Exercise description ::
Every record must be copied exactly. Leave nothing out.

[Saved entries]
-.-.-
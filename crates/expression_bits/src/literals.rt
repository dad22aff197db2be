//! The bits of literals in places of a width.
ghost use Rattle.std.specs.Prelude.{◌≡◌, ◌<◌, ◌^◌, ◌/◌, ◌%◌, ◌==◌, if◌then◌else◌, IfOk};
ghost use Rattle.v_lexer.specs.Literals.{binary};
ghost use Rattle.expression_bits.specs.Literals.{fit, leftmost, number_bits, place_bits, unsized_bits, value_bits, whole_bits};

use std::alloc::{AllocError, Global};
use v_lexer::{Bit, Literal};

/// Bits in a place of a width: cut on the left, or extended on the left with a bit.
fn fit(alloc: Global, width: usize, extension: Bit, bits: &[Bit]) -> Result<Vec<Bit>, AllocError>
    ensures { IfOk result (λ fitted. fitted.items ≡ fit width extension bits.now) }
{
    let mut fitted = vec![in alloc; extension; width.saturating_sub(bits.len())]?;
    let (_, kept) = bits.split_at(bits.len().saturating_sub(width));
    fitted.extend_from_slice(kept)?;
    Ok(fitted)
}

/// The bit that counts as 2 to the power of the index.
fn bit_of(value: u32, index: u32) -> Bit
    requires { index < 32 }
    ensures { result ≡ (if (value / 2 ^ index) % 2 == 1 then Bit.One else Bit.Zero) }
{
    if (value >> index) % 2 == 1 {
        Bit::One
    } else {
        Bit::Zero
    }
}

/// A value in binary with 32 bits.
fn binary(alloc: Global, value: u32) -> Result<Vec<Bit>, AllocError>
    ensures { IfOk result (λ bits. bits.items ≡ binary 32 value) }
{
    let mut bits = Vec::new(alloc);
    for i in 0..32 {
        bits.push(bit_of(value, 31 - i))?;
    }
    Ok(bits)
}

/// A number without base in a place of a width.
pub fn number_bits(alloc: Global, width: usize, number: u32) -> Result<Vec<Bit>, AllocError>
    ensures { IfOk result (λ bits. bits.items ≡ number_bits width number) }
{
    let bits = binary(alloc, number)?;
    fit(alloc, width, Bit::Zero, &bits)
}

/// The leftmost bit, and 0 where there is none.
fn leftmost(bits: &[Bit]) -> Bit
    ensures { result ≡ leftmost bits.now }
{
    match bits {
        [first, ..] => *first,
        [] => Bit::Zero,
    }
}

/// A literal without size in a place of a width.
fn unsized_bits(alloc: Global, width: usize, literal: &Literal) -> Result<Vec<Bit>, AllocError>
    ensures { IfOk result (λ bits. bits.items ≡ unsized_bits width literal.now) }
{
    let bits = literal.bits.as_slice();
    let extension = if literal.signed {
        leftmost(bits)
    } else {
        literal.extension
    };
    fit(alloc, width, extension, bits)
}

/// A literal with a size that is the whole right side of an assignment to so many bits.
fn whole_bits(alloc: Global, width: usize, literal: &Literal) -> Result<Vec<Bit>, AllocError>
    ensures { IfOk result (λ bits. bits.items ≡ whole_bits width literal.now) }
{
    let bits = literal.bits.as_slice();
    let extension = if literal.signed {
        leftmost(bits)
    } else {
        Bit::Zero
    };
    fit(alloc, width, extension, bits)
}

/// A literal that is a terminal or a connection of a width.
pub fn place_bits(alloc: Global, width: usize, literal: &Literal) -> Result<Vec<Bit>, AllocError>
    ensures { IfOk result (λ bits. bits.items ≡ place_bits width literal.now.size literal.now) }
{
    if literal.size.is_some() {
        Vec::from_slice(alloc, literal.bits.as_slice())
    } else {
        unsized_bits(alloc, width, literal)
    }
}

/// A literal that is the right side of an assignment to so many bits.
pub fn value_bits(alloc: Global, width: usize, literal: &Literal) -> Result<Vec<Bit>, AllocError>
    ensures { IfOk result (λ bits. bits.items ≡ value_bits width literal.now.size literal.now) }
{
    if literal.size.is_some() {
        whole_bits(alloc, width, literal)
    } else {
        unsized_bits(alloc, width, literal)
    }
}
-.-.-
Output of the task ::
filename crates/expression_bits/src/literals.rt
repository dad22aff197db2be
//! The bits of literals in places of a width.
ghost use Rattle.std.specs.Prelude.{◌≡◌, ◌<◌, ◌^◌, ◌/◌, ◌%◌, ◌==◌, if◌then◌else◌, IfOk};
ghost use Rattle.v_lexer.specs.Literals.{binary};
ghost use Rattle.expression_bits.specs.Literals.{fit, leftmost, number_bits, place_bits, unsized_bits, value_bits, whole_bits};

use std::alloc::{AllocError, Global};
use v_lexer::{Bit, Literal};

/// Bits in a place of a width: cut on the left, or extended on the left with a bit.
fn fit(alloc: Global, width: usize, extension: Bit, bits: &[Bit]) -> Result<Vec<Bit>, AllocError>
    ensures { IfOk result (λ fitted. fitted.items ≡ fit width extension bits.now) }
{
    let mut fitted = vec![in alloc; extension; width.saturating_sub(bits.len())]?;
    let (_, kept) = bits.split_at(bits.len().saturating_sub(width));
    fitted.extend_from_slice(kept)?;
    Ok(fitted)
}

/// The bit that counts as 2 to the power of the index.
fn bit_of(value: u32, index: u32) -> Bit
    requires { index < 32 }
    ensures { result ≡ (if (value / 2 ^ index) % 2 == 1 then Bit.One else Bit.Zero) }
{
    if (value >> index) % 2 == 1 {
        Bit::One
    } else {
        Bit::Zero
    }
}

/// A value in binary with 32 bits.
fn binary(alloc: Global, value: u32) -> Result<Vec<Bit>, AllocError>
    ensures { IfOk result (λ bits. bits.items ≡ binary 32 value) }
{
    let mut bits = Vec::new(alloc);
    for i in 0..32 {
        bits.push(bit_of(value, 31 - i))?;
    }
    Ok(bits)
}

/// A number without base in a place of a width.
pub fn number_bits(alloc: Global, width: usize, number: u32) -> Result<Vec<Bit>, AllocError>
    ensures { IfOk result (λ bits. bits.items ≡ number_bits width number) }
{
    let bits = binary(alloc, number)?;
    fit(alloc, width, Bit::Zero, &bits)
}

/// The leftmost bit, and 0 where there is none.
fn leftmost(bits: &[Bit]) -> Bit
    ensures { result ≡ leftmost bits.now }
{
    match bits {
        [first, ..] => *first,
        [] => Bit::Zero,
    }
}

/// A literal without size in a place of a width.
fn unsized_bits(alloc: Global, width: usize, literal: &Literal) -> Result<Vec<Bit>, AllocError>
    ensures { IfOk result (λ bits. bits.items ≡ unsized_bits width literal.now) }
{
    let bits = literal.bits.as_slice();
    let extension = if literal.signed {
        leftmost(bits)
    } else {
        literal.extension
    };
    fit(alloc, width, extension, bits)
}

/// A literal with a size that is the whole right side of an assignment to so many bits.
fn whole_bits(alloc: Global, width: usize, literal: &Literal) -> Result<Vec<Bit>, AllocError>
    ensures { IfOk result (λ bits. bits.items ≡ whole_bits width literal.now) }
{
    let bits = literal.bits.as_slice();
    let extension = if literal.signed {
        leftmost(bits)
    } else {
        Bit::Zero
    };
    fit(alloc, width, extension, bits)
}

/// A literal that is a terminal or a connection of a width.
pub fn place_bits(alloc: Global, width: usize, literal: &Literal) -> Result<Vec<Bit>, AllocError>
    ensures { IfOk result (λ bits. bits.items ≡ place_bits width literal.now.size literal.now) }
{
    if literal.size.is_some() {
        Vec::from_slice(alloc, literal.bits.as_slice())
    } else {
        unsized_bits(alloc, width, literal)
    }
}

/// A literal that is the right side of an assignment to so many bits.
pub fn value_bits(alloc: Global, width: usize, literal: &Literal) -> Result<Vec<Bit>, AllocError>
    ensures { IfOk result (λ bits. bits.items ≡ value_bits width literal.now.size literal.now) }
{
    if literal.size.is_some() {
        whole_bits(alloc, width, literal)
    } else {
        unsized_bits(alloc, width, literal)
    }
}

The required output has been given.